So I pull one of the thin strips out. Its two strips facing each other stuck together. Instead of rubbing them together, my genius kicks in so I get out the hair dryer and heat it to 1000 degrees. I lay the strip across my thigh. Hold the skin around it tight and pull. It works! OK, so it wasn't the best feeling, but it wasn't too bad. I can do this! Hair removal no longer eludes me! I am She-rah, fighter of all wayward body hair and maker of smooth skin extraordinaire. With my next wax strip I move north. After checking on the kids, I sneak back into the bathroom, for the ultimate hair fighting championship. I drop my panties and place one foot on the toilet. Using the same procedure, I apply the one strip across the right side of my bikini line, covering the right half of my *hoo-hoo* and stretching down to the inside of my butt cheek (Yes, it was a long strip) I inhale deeply and brace myself....RRRRIIIPPP!!!! I'm blind!!! Blinded from pain!!!! OH MY GOD!! Vision returning, I notice that I've only managed to pull off half the strip. CRAP!!!
Another deep breath and RRIIPP!! Everything is swirly and spotted. I think I may pass out...must stay conscious...Do I hear crashing drums??? Breathe, breathe...OK, back to normal. I want to see my trophy - a wax covered strip, the one that has caused >me so much pain, with my hairy pelt sticking to it. I want to revel in the glory that is my triumph over body hair. I hold up the strip...there's no hair on it. Where is the hair??? WHERE IS THE WAX??? Slowly I ease my head down, foot still perched on the toilet. I see the hair. The hair that should be on the strip. I touch. I am touching wax. CRAP! I run my fingers over the most sensitive part of my body, which is now covered in cold wax and matted hair. Then I make the next BIG mistake...remember my foot is still propped up on the toilet? I know I need to do something. So I put my foot down. DANG! I hear the slamming of a cell door. *Hoo-Hoo*?? Sealed shut! Butt?? Sealed shut! I penguin walk around the bathroom trying to figure out what to do and think to myself "Please don't let me get the urge to poop. My head may pop off!" What can I do to melt the wax? Hot water!! Hot water melts wax!!! I'll run the hottest water I can stand into the bathtub, get in, immerse the wax-covered bits and the wax should melt and I can gently wipe it off, right???

WRONG!!!!!!!

I get in the tub - the water is slightly hotter than that used to torture prisoners of war or sterilize surgical equipment - I sit. Now, the only thing worse than having your nether regions glued together is having them glued together and then glued to the bottom of the tub...in scalding hot water. Which, by the way, doesn't melt cold wax. So, now I'm stuck to the bottom of the tub as though I had cement-epoxied myself to the porcelain!!God bless the man who had convinced me a few months ago to have a phone put in the bathroom! I call my friend, thinking surely she has waxed before and has some secret of how to get me undone. It's a very good conversation starter - "So, my butt and who-ha are glued together to the bottom of the tub!" There is a slight pause. She doesn't know any secret tricks for removal but she does try to hide her laughter from me. She wants to know exactly where the wax is located, "Are we talking cheeks or who-ha?" She's laughing out loud by now...I can hear her. I give her the rundown and she suggests I call the number on the side of the box. Yeah right! I should be the joke of someone else's night. While we go through various solutions. I resort to scraping the wax off with a razor. Nothing feels better then to have your girlie goodies covered in hot wax, glued shut, stuck to the tub in super hot water and then dry-shaving the sticky wax off!!
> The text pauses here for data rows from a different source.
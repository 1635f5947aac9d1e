// Panes and materials by name: the row of the book that has it.
use book::Book;
use cli_printed::Owner;
use field::NAME_BYTES;

// A word as a name's field: 24 bytes, with zeros behind the word. One that is longer is no name. Stays an array: nothing allocates.
fn field_of(w: &[u8]) -> Option<[u8; NAME_BYTES]> {
    let mut field = [0u8; NAME_BYTES];
    field.get_mut(..w.len())?.copy_from_slice(w);
    Some(field)
}

// The row whose name a word is: a pane's label, or a material's name.
pub fn row_named(book: Book<'_>, owner: Owner, w: &[u8]) -> Option<u16> {
    let names = match owner {
        Owner::Pane => channel::labels(&book),
        Owner::Material => channel::material_names(&book),
    };
    u16::try_from(names.find(&field_of(w)?, 0)?).ok()
}
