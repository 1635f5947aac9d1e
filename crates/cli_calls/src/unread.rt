// What can't be read of a line.

// What is wrong with a word.
#[derive(Clone, Copy, Debug, PartialEq, Eq)]
pub enum Fault {
    Unknown,
    Missing,
    NoWhole,
    NoNumber,
    TooMany,
    NoName,
}

// The place of a word, and what is wrong with it.
#[derive(Clone, Copy, Debug, PartialEq, Eq)]
pub struct Unread {
    pub word: usize,
    pub fault: Fault,
}

impl Fault {
    pub fn words(self) -> &'static str {
        match self {
            Fault::Unknown => "is no call",
            Fault::Missing => "is missing",
            Fault::NoWhole => "is no whole number below 65,536",
            Fault::NoNumber => {
                "is no number: write a decimal of at most seven digits as -12.375, or 0x and eight digits"
            }
            Fault::TooMany => "is one word too many",
            Fault::NoName => "is no whole number below 65,536, nor a name that fits here",
        }
    }

    pub fn at(self, word: usize) -> Unread {
        Unread { word, fault: self }
    }
}
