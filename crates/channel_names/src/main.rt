// Tries all 256 raw numbers of FLVC through the outward calls, and names the channel that each reaches; then names every channel by its number. What it
// must write is made from targets.rs's own names: in oracle/, `cargo run --release -p cases --bin store -- ../crates` makes data/ and stdout again.
#![tactic(auto)]

mod reached;

use cli_page::Out;
use cli_printed::{MATERIAL_CHANNELS, Owner, PANE_CHANNELS, name_channel};
use reached::Tried;
use std::fs::File;
use std::io;
use std::io::Read;

// A file that is as long as buf.
fn read(rt: HostRuntime, path: &str, buf: &mut [u8]) -> io::Result<()> {
    let mut file = File::open(&rt, path)?;
    file.read_exact(buf)
}

// The raw numbers, one a line.
fn raw_numbers(out: &mut Out) -> io::Result<()> {
    let mut tried = Tried::new();
    read(out.rt, "one.sheet", &mut tried.sheet)?;
    read(out.rt, "one.book", &mut tried.book)?;
    for raw in 0..=u8::MAX {
        out.count("FLVC ", "raw", raw as u64);
        match tried.reached(raw) {
            Some(c) => name_channel(out, Owner::Pane, c),
            None => out.say(" no channel, or not the same for every content and curve"),
        }
        out.end();
    }
    Ok(())
}

// A row's channels by number and name, one a line.
fn names(out: &mut Out, row: &str, owner: Owner, channels: usize) {
    for c in 0..channels {
        out.count(row, "channel", c as u64);
        name_channel(out, owner, c);
        out.end();
    }
}

fn main(rt: HostRuntime) -> io::Result<()> {
    let mut out = Out::new(rt);
    raw_numbers(&mut out)?;
    names(&mut out, "pane ", Owner::Pane, PANE_CHANNELS);
    names(&mut out, "material ", Owner::Material, MATERIAL_CHANNELS);
    out.flush();
    Ok(())
}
By now the brain is not working, dignity has taken a major hike and I'm pretty sure I'm going to need Post-Traumatic Stress counseling for this event. My friend is still talking with me when I finally see my saving grace...the lotion they give you to remove the excess wax. What do I really have to lose at this point? I rub some on and OH MY GOD!! The scream probably woke the kids and scared the dickens out of my friend. It's sooo painful, but I really don't care. IT WORKS!! It works!! I get a hearty congratulation from my friend and she hangs up.
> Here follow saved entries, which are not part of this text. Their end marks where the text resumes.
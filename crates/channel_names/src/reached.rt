// The channel that a raw number of FLVC reaches, through the outward calls. Stays on arrays: what the calls are lent is fixed memory.
use cli_printed::PANE_CHANNELS;
use curve::Kind;

pub const SHEET_BYTES: usize = 94;

pub const BOOK_BYTES: usize = 76;

// What is changed in the sheet: the content's type, and the target's raw number and curve.
const TYPE: usize = 41;

const RAW: usize = 71;

const CURVE: usize = 76;

// The types of a pane's contents.
const PANE: u8 = 0;

const PANE_EXT: u8 = 3;

// What else the content and the curve may be than a pane's and a constant.
const OTHERS: [(u8, Kind); 5] = [
    (PANE, Kind::Step),
    (PANE, Kind::Hermite),
    (PANE_EXT, Kind::Constant),
    (PANE_EXT, Kind::Step),
    (PANE_EXT, Kind::Hermite),
];

// A sheet of one animation, one content and one target, whose one key keeps the rules of every curve; and a book with the content's pane.
#[derive(Clone, Copy)]
pub struct Tried {
    pub sheet: [u8; SHEET_BYTES],
    pub book: [u8; BOOK_BYTES],
}

// The place of the only mark.
fn only(marks: &[u8]) -> Option<usize> {
    let is_set = |mark: &u8| *mark != 0;
    let place = marks.iter().position(is_set);
    if marks.iter().rposition(is_set) == place {
        place
    } else {
        None
    }
}

impl Tried {
    // Before the files are read.
    pub fn new() -> Tried {
        Tried {
            sheet: [0; SHEET_BYTES],
            book: [0; BOOK_BYTES],
        }
    }

    // The only channel that is overridden. A call that is declined leaves every mark at 0.
    fn overridden(&self) -> Option<usize> {
        let mut frames = [0.0f32; 1];
        let mut values = [0.0f32; 1];
        let mut slopes = [0.0f32; 1];
        let loaded = menu::load(&self.sheet, &mut frames, &mut values, &mut slopes);
        let posed = menu::pose(loaded.player, &self.sheet, 0, 0.0);
        let mut marks = [0u8; PANE_CHANNELS];
        let mut numbers = [0.0f32; PANE_CHANNELS];
        menu_readings::read_all(
            posed.player,
            &self.sheet,
            &self.book,
            &frames,
            &values,
            &slopes,
            &mut marks,
            &mut numbers,
        );
        only(&marks)
    }

    // The same from a content of a type, by a curve.
    fn with(&mut self, content: u8, curve: Kind) -> Option<usize> {
        self.sheet[TYPE] = content;
        self.sheet[CURVE] = curve as u8;
        self.overridden()
    }

    // The channel, from a content of type Pane and of type PaneExt and by each curve, where all of these reach the same.
    pub fn reached(&mut self, raw: u8) -> Option<usize> {
        self.sheet[RAW] = raw;
        let c = self.with(PANE, Kind::Constant);
        for (content, curve) in OTHERS {
            if self.with(content, curve) != c {
                return None;
            }
        }
        c
    }
}
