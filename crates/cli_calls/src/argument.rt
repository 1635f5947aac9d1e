// The arguments of a call, each a word of its line.
ghost use Rattle.std.specs.Prelude.{◌≡◌, ◌<◌, ◌≤◌, ◌+◌};

use crate::named::row_named;
use crate::unread::{Fault, Unread};
use book::Book;
use cli_printed::Owner;
use cli_words::{Words, is_quoted, unquoted};

// A whole number that fits the menu's.
pub fn whole(w: &[u8]) -> Result<u16, Fault> {
    cli_words::whole(w)
        .and_then(|n| u16::try_from(n).ok())
        .ok_or(Fault::NoWhole)
}

pub fn number(w: &[u8]) -> Result<f32, Fault> {
    cli_words::read_number(w).ok_or(Fault::NoNumber)
}

// An animation's number, or none.
pub fn animation(w: &[u8]) -> Result<Option<u16>, Fault> {
    match w {
        b"none" => Ok(None),
        _ => whole(w).map(|n| Some(n)),
    }
}

// A pane's number, or its label; a material's number, or its name; in quotes always a name.
pub fn row(book: Book<'_>, owner: Owner, w: &[u8]) -> Result<u16, Fault> {
    if !is_quoted(w) {
        if let Ok(n) = whole(w) {
            return Ok(n);
        }
    }
    row_named(book, owner, unquoted(w)).ok_or(Fault::NoName)
}

// A channel's name, or its number.
pub fn channel(owner: Owner, w: &[u8]) -> Result<u16, Fault> {
    match cli_printed::channel(owner, w) {
        Some(c) => Ok(c as u16),
        None => whole(w).map_err(|_| Fault::NoName),
    }
}

// The words of a line that are not read yet; `at` is the place of the first of them. No call has more than five words.
#[derive(Drop)]
pub struct Arguments<'a> {
    words: Words<'a>,
    pub at: usize,
    ghost few: { at ≤ 5 },
}

impl<'a> Arguments<'a> {
    ghost use Rattle.std.specs.Prelude.{◌≡◌, ◌<◌, ◌+◌, OnOk};

    pub fn new(line: &'a [u8]) -> Arguments<'a>
        ensures { result.at ≡ 0 }
    {
        Arguments {
            words: Words::new(line),
            at: 0,
        }
    }

    // The next word, if there is one.
    pub fn word(&mut self) -> Option<&'a [u8]>
        requires { self.old.at < 5 }
        ensures { self.new.at ≡ self.old.at + 1 }
    {
        self.at += 1;
        self.words.next()
    }

    // The next word, which has to be there, as it is read.
    pub fn next<T: Drop, F: FnOnce(&[u8]) -> Result<T, Fault>>(
        &mut self,
        read: F,
    ) -> Result<T, Unread>
        requires callable { F.IsAlwaysCallable read }
        requires few { self.old.at < 5 }
        ensures { self.new.at ≡ self.old.at + 1 }
    {
        let at = self.at;
        let word = self.word().ok_or(Fault::Missing.at(at))?;
        read(word).map_err(|fault| fault.at(at))
    }

    // No word may follow.
    pub fn end(&mut self) -> Result<(), Unread> {
        match self.words.next() {
            Some(_) => Err(Fault::TooMany.at(self.at)),
            None => Ok(()),
        }
    }
}
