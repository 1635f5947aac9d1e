// A line of a list of calls, its comment taken off: a verb, its whole numbers or names, its numbers. What can't be read is told by the place of the word and what is wrong with it.
#![tactic(auto)]

mod argument;
mod call;
mod named;
mod unread;
mod verb;

use argument::Arguments;
use book::Book;
pub use call::{Action, Call, Query};
pub use unread::{Fault, Unread};

// The call that a line writes; one that is empty writes none. Panes and materials may go by the names that the book has.
pub fn call_of<'a>(line: &'a [u8], book: Book<'_>) -> Result<Option<Call<'a>>, Unread> {
    let mut args = Arguments::new(line);
    let Some(verb) = args.word() else {
        return Ok(None);
    };
    let call = verb::call(&mut args, book, verb)?;
    args.end()?;
    Ok(Some(call))
}
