// The calls of a list, each with its arguments.
use cli_printed::Owner;

// What changes the player. No animation is none, by the word `none`.
#[derive(Clone, Copy, Debug)]
pub enum Action {
    Play {
        animation: Option<u16>,
    },
    Pose {
        animation: Option<u16>,
        frame: f32,
    },
    Tick {
        seconds: f32,
        fps: f32,
    },
    Key {
        track: u16,
        key: u16,
        frame: f32,
        value: f32,
    },
    Slope {
        track: u16,
        key: u16,
        slope: f32,
    },
    Undo,
    Redo,
    Open {
        track: u16,
        key: u16,
    },
    Drag {
        frame: f32,
        value: f32,
    },
    Drop,
    Abandon,
}

// What shows something and changes nothing. `row` is a pane's or a material's.
#[derive(Clone, Copy, Debug)]
pub enum Query {
    Read {
        owner: Owner,
        row: u16,
        channel: u16,
    },
    ReadAll,
    ResolvePane {
        pane: u16,
    },
    ResolveSrt {
        material: u16,
        layer: u16,
    },
    Name {
        material: u16,
        slot: u16,
    },
    Next {
        animation: u16,
    },
    Cascade,
    Keys,
    Player,
}

// `Save` names its file, or none.
#[derive(Clone, Copy, Debug)]
pub enum Call<'a> {
    Make(Action),
    Show(Query),
    Save(Option<&'a [u8]>),
}
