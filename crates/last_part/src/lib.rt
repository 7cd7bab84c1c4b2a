// The last region of a task, handed back: one word of the list that the task's regions are a part of, never a copy. As beside the
// other parts stand its outcome alone, and the bare part, empty where the call is turned away.
#![tactic(auto)]

ghost use Rattle.std.specs.Prelude.{◌≡◌, IfOk};
ghost use Rattle.paper.specs.Answers.{regions_outcome, outcome_of};
ghost use Rattle.last_part.specs.Last.{IsLast};

use paper::{Refusal, Table};

// It asks what the regions ask. All behind the place before their end is one word, four bytes wide.
#[tactic(auto, using(crate::proofs::Lasts::some))]
pub fn last_region<'a>(
    t: Table,
    own: &'a [u32],
    catalogue: &'a [u32],
    number: usize,
) -> Result<&'a [u32], Refusal>
    ensures outcome { outcome_of result ≡ regions_outcome t own.now catalogue.now number }
    ensures part { IfOk result (IsLast t own.entry catalogue.entry number) }
{
    let words = parts::regions(t, own, catalogue, number)?;
    Ok(&words[words.len() - 1..])
}

pub fn last_outcome(t: Table, own: &[u32], catalogue: &[u32], number: usize) -> Result<(), Refusal>
    ensures { result ≡ regions_outcome t own.now catalogue.now number }
{
    last_region(t, own, catalogue, number).map(|_| ())
}

pub fn last_word<'a>(t: Table, own: &'a [u32], catalogue: &'a [u32], number: usize) -> &'a [u32]
    ensures { IsLast t own.entry catalogue.entry number result }
{
    last_region(t, own, catalogue, number).unwrap_or(&own[..0])
}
I successfully remove the remainder of the wax and then notice to my grief and despair..THE HAIR IS STILL THERE...ALL OF IT!! So I recklessly shave it off. Heck, I'm numb by now. Nothing hurts. I could have amputated my own leg at this point.
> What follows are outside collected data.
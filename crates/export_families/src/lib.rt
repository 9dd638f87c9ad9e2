// The number of families of a run (paper 02, #104).
#![tactic(auto)]

ghost use Rattle.export_families.specs.Families.{CallFigured};

use wire::{WRONG_LENGTH, refusal_code, three};

// The families of a run that is lent a sheet, pairs and a block, where it and the run without exchanges, both with this node limit and room for 4,096
// plans, are finished. The answer has 12 bytes, three numbers of four bytes, low byte first: 1, their number, 0; else 2, 0, 0, the dash. Returns 0; or
// a refusal, and then the answer is as it came; or, asked first, 255 times 256 where the answer has not 12 bytes.
pub fn families(sheet: &[u8], pairs: &[u8], block: &[u8], limit: u32, answer: &mut [u8]) -> u32
    ensures { CallFigured sheet.now pairs.now block.now limit answer.old result answer.new }
{
    if answer.len() != 12 {
        return WRONG_LENGTH;
    }
    match families_count::families(sheet, pairs, block, limit) {
        Ok(None) => {
            three(answer, 2, 0, 0);
            0
        }
        Ok(Some(k)) => {
            three(answer, 1, k, 0);
            0
        }
        Err(refusal) => refusal_code(refusal),
    }
}
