//! What the elements of a picture look like. What differs in colour differs in its dashes, its
//! width or its lightness too, so that it can be told apart in grey.

use draw_lanes::hold::Hold;
use draw_lanes::lane::State;

/// The style sheet, and the hatching of waits.
pub(crate) const STYLE: &str = "<style>\
text{font-family:'DejaVu Sans Mono','Liberation Mono',Consolas,Menlo,monospace;font-size:10px;\
fill:#111}\n\
.title{font-size:14px;font-weight:bold}\n\
.small{fill:#333}\n\
.end{text-anchor:end}\n\
.fold{text-anchor:end;font-size:8px;fill:#555}\n\
.place{fill:#444}\n\
.bad{fill:#a00018;font-weight:bold}\n\
.packet{font-size:8px;font-weight:bold;fill:#000}\n\
.lock{font-size:8px;fill:#222}\n\
.paper{fill:#fff}\n\
.zebra{fill:#f3f3f3}\n\
.rule{stroke:#888;fill:none}\n\
.side{stroke:#c4c4c4;fill:none}\n\
.life{stroke:#999;stroke-dasharray:1 3;fill:none}\n\
.busy{fill:#fff;stroke:#666}\n\
.waits{fill:url(#hatching);stroke:#444}\n\
.owns{fill:#ddd;stroke:#222}\n\
.queued{fill:#bbb;stroke:#444}\n\
.routine{stroke:#0b3c8c;stroke-width:3;fill:none}\n\
.manager{stroke:#e08214;stroke-width:4;stroke-dasharray:7 3;fill:none}\n\
.queue{stroke:#1a8a5a;stroke-width:4;stroke-dasharray:2 2;fill:none}\n\
.start{stroke:#8a3ba8;stroke-width:4;stroke-dasharray:9 2 2 2;fill:none}\n\
.slot{stroke:#79c4e6;stroke-width:7;fill:none}\n\
.nobody{stroke:#000;stroke-width:2;stroke-dasharray:1 4;fill:none}\n\
.goes{stroke:#222;fill:none}\n\
.black{fill:#000}\n\
.hollow{fill:#fff;stroke:#000}\n\
.cross{stroke:#000;stroke-width:2;fill:none}\n\
.stop{fill:#b00020;stroke:#000}\n\
.white{stroke:#fff;stroke-width:2;fill:none}\n\
</style>\n\
<defs><pattern id=\"hatching\" width=\"6\" height=\"6\" patternUnits=\"userSpaceOnUse\">\
<path d=\"M0 0H6V6H0Z\" fill=\"#fff\"/><path d=\"M0 6L6 0M-1 1L1 -1M5 7L7 5\" stroke=\"#666\" \
stroke-width=\"1.4\"/></pattern></defs>\n";

/// The class of a packet's line, by what holds it.
pub(crate) fn class_of_hold(hold: Hold) -> &'static str {
    match hold {
        Hold::Routine => "routine",
        Hold::Manager => "manager",
        Hold::Queue => "queue",
        Hold::Start => "start",
        Hold::Slot => "slot",
        Hold::Nobody => "nobody",
    }
}

/// The class of what lasts in a lane.
pub(crate) fn class_of_state(state: State) -> &'static str {
    match state {
        State::Busy => "busy",
        State::Waits => "waits",
        State::Owns(_) => "owns",
        State::Queued => "queued",
    }
}
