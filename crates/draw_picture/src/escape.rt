//! Words as the text of an element.

ghost use Rattle.std.specs.Prelude.{◌≡◌, ◌++◌, OnOk, string_bytes};
ghost use Rattle.draw_picture.specs.Escape.{escaped, escaped_byte};

use std::alloc::AllocError;

/// Adds a byte, as the text of an element has it.
fn add_byte(words: &mut String, byte: u8) -> Result<(), AllocError>
    ensures { OnOk result
        (string_bytes words.new ≡ string_bytes words.old ++ escaped_byte byte) }
{
    match byte {
        b'<' => words.push_str("&lt;"),
        b'>' => words.push_str("&gt;"),
        b'&' => words.push_str("&amp;"),
        b'"' => words.push_str("&quot;"),
        b' '..=b'~' => words.push(char::from(byte)),
        _ => words.push_str("?"),
    }
}

/// Adds bytes as the text of an element: what is markup there is written as its entity, and what is
/// no printable ASCII is written as a question mark.
pub(crate) fn add_escaped(words: &mut String, bytes: &[u8]) -> Result<(), AllocError>
    ensures { OnOk result
        (string_bytes words.new ≡ string_bytes words.old ++ escaped bytes.now) }
{
    for byte in bytes {
        add_byte(words, *byte)?;
    }
    Ok(())
}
Next week I'm going to try hair color...


----------



## Don Turnipseed (Oct 8, 2006)

Alice, this is obviously ment to be a 2 man operation. Next time call....559-877-####


----------



## Mike Scheiber (Feb 17, 2008)

Dang sorry to here all of this beaver coat for you this winter


----------



## Ashley Campbell (Jun 21, 2009)

LMFAO!!!

Isn't waxing fun?!


----------



## Faisal Khan (Apr 16, 2009)




----------



## Alice Bezemer (Aug 4, 2010)

Faisal Khan said:


>



You ask....and we deliver !










enjoy ! :lol:


----------



## Mike Scheiber (Feb 17, 2008)

Alice Bezemer said:


> You ask....and we deliver !
> 
> 
> 
> ...


Thats ****ed up


----------



## Faisal Khan (Apr 16, 2009)

MY EYES :-o


----------



## Christopher Jones (Feb 17, 2009)

Faisal Khan said:


> MY EYES :-o


She is English remember, not exactly known for their Beaver prowess....


----------



## Angie Stark (Jul 10, 2009)

omg! Ive seen something similar before but I was STILL crying! Hell, Im gonna bookmark it for when I have a bad day cause that shit is hilarious! It's possibly a tad more funny to me because I, too, have had at least a couple of waxing incidents. Now Ive got to go get a tissue for the tears.


----------



## Ricardo Ashton (Jun 3, 2010)

ROLFMAO!! Thats funny,but there's a lesson to be learned here.
That's why there are SALONS for this type of thing, but hey life is a learning experience


----------



## Alice Bezemer (Aug 4, 2010)

Faisal Khan said:


> MY EYES :-o


you asked and received...never look a gift beaver in the....ehhh what do you look into with a gift beaver ?


----------



## Gerry Grimwood (Apr 2, 2007)

Alice Bezemer said:


> .ehhh what do you look into with a gift beaver ?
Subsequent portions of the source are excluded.